(Records drawn from a dataset)
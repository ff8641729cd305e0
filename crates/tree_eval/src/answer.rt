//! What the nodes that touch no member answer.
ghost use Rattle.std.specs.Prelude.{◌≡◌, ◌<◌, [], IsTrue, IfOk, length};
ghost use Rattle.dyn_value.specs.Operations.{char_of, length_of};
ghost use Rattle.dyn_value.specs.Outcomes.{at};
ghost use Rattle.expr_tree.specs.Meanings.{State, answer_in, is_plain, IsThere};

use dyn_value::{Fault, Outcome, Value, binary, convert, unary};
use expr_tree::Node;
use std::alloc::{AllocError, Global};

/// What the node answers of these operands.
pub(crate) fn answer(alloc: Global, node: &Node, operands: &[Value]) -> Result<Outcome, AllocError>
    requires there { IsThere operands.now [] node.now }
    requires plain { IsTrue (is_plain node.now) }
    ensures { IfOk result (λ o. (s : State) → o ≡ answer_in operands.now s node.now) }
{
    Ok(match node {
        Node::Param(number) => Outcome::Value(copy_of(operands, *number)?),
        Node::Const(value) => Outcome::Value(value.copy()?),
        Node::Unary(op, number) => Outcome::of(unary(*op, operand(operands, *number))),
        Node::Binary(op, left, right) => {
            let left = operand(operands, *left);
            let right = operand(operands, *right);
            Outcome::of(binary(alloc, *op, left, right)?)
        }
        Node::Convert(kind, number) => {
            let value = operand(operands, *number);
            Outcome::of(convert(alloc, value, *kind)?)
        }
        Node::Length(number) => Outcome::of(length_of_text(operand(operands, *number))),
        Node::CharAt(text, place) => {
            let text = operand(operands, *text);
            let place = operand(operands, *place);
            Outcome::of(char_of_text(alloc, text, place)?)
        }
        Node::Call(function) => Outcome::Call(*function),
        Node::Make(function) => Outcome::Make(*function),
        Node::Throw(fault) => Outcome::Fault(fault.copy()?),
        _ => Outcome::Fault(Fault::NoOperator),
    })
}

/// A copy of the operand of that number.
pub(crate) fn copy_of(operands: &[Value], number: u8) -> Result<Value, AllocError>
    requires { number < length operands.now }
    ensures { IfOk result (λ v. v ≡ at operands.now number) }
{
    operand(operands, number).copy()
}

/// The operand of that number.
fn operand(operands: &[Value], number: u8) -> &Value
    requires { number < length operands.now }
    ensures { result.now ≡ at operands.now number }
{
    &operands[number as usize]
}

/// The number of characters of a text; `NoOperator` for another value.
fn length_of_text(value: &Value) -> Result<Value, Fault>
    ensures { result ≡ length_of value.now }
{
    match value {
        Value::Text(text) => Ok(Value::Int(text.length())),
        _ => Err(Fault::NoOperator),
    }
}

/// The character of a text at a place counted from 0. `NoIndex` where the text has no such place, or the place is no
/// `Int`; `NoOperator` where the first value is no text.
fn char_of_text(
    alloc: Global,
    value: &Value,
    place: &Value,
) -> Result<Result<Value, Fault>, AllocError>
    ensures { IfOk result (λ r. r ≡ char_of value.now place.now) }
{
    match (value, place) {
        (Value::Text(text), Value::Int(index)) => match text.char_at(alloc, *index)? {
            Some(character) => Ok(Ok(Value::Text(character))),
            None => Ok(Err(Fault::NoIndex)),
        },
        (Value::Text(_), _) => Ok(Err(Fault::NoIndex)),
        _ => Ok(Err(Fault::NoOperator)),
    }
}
==
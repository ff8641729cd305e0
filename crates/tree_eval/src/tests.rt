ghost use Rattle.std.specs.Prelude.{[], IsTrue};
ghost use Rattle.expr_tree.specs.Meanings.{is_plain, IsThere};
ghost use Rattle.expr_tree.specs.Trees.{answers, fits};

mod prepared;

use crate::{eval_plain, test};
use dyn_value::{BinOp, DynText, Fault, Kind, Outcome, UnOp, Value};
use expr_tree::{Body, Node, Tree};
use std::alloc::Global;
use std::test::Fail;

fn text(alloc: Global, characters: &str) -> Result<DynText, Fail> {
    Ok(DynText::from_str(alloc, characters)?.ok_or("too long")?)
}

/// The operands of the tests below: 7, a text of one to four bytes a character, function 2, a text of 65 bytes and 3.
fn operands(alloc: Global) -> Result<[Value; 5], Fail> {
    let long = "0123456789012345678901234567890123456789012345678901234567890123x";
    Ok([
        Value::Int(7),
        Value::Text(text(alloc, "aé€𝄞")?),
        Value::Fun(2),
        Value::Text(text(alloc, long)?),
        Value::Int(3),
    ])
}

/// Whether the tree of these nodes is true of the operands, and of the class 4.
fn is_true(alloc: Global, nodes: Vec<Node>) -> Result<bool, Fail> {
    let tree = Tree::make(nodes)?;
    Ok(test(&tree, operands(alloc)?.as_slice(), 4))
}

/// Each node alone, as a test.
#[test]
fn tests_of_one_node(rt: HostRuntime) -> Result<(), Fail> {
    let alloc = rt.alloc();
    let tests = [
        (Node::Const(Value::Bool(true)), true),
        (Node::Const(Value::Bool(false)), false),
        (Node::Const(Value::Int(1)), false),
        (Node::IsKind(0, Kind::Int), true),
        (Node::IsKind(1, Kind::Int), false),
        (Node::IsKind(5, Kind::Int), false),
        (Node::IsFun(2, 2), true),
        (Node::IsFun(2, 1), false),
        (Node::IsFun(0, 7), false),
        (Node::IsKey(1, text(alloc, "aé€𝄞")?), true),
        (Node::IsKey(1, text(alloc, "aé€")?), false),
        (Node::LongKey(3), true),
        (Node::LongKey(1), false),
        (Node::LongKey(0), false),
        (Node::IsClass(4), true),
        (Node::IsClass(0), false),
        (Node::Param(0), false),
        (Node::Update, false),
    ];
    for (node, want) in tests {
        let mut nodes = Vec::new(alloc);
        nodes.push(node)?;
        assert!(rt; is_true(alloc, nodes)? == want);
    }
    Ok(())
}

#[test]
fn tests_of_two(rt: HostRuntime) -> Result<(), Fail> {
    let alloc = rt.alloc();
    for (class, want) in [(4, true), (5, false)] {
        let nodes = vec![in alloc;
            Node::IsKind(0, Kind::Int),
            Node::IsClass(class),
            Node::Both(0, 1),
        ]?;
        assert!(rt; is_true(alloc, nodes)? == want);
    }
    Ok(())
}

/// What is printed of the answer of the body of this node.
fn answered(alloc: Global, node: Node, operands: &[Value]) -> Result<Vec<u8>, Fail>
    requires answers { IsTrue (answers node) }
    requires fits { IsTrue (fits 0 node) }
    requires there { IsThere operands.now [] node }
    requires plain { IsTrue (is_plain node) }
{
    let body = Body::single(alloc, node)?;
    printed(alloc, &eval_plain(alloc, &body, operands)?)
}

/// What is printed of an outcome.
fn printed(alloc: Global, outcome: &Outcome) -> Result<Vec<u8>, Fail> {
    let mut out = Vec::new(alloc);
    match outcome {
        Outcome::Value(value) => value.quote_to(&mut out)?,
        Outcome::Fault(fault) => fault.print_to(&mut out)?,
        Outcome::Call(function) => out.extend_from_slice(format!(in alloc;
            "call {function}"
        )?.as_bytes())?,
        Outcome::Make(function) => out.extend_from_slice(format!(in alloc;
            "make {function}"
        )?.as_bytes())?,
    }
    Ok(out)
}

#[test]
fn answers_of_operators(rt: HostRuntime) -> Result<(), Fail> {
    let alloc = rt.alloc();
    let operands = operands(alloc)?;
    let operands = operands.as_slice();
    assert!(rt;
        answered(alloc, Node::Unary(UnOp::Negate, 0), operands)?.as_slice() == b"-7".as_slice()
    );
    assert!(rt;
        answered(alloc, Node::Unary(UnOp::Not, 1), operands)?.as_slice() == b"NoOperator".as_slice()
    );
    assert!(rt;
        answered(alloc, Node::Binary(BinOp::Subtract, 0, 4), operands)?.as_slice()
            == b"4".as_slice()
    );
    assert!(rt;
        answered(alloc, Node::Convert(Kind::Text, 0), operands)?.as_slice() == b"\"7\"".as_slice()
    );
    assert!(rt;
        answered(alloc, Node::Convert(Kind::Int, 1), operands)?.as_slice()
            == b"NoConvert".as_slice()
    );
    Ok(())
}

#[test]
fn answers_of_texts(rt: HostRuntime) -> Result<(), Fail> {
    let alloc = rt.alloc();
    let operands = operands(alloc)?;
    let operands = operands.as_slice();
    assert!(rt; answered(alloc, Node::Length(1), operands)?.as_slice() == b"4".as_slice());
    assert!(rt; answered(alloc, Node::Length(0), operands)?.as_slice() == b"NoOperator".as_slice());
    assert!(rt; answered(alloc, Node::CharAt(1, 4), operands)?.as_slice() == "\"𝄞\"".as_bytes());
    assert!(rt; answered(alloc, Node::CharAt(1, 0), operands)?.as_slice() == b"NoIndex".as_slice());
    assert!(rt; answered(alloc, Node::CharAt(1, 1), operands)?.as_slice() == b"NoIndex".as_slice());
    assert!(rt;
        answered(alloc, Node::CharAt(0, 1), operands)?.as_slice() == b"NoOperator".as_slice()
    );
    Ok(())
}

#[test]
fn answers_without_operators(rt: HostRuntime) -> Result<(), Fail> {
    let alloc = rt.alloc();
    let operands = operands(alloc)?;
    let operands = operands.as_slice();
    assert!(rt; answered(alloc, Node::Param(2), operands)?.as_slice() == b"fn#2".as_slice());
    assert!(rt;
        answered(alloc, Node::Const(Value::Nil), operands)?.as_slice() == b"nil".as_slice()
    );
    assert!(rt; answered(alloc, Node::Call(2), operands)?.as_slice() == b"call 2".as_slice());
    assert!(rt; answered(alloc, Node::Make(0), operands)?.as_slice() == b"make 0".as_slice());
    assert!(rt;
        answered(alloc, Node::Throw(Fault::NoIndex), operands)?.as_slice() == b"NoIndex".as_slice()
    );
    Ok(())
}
---
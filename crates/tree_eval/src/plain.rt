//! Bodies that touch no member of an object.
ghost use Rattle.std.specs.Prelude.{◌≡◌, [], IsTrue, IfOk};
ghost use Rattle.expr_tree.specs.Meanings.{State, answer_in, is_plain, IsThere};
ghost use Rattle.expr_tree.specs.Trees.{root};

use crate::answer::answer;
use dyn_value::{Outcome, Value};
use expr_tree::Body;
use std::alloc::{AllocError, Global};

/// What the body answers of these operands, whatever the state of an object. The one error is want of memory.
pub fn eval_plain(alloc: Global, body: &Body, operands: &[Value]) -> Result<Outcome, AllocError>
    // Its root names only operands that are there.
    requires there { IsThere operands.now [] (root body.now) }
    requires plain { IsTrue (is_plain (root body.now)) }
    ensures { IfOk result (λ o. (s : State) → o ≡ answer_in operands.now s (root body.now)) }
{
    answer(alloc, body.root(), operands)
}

- [Work instructions]:
Report, using only a number, how many lines above hold the word "Trees".

- [Solution to this problem]:
2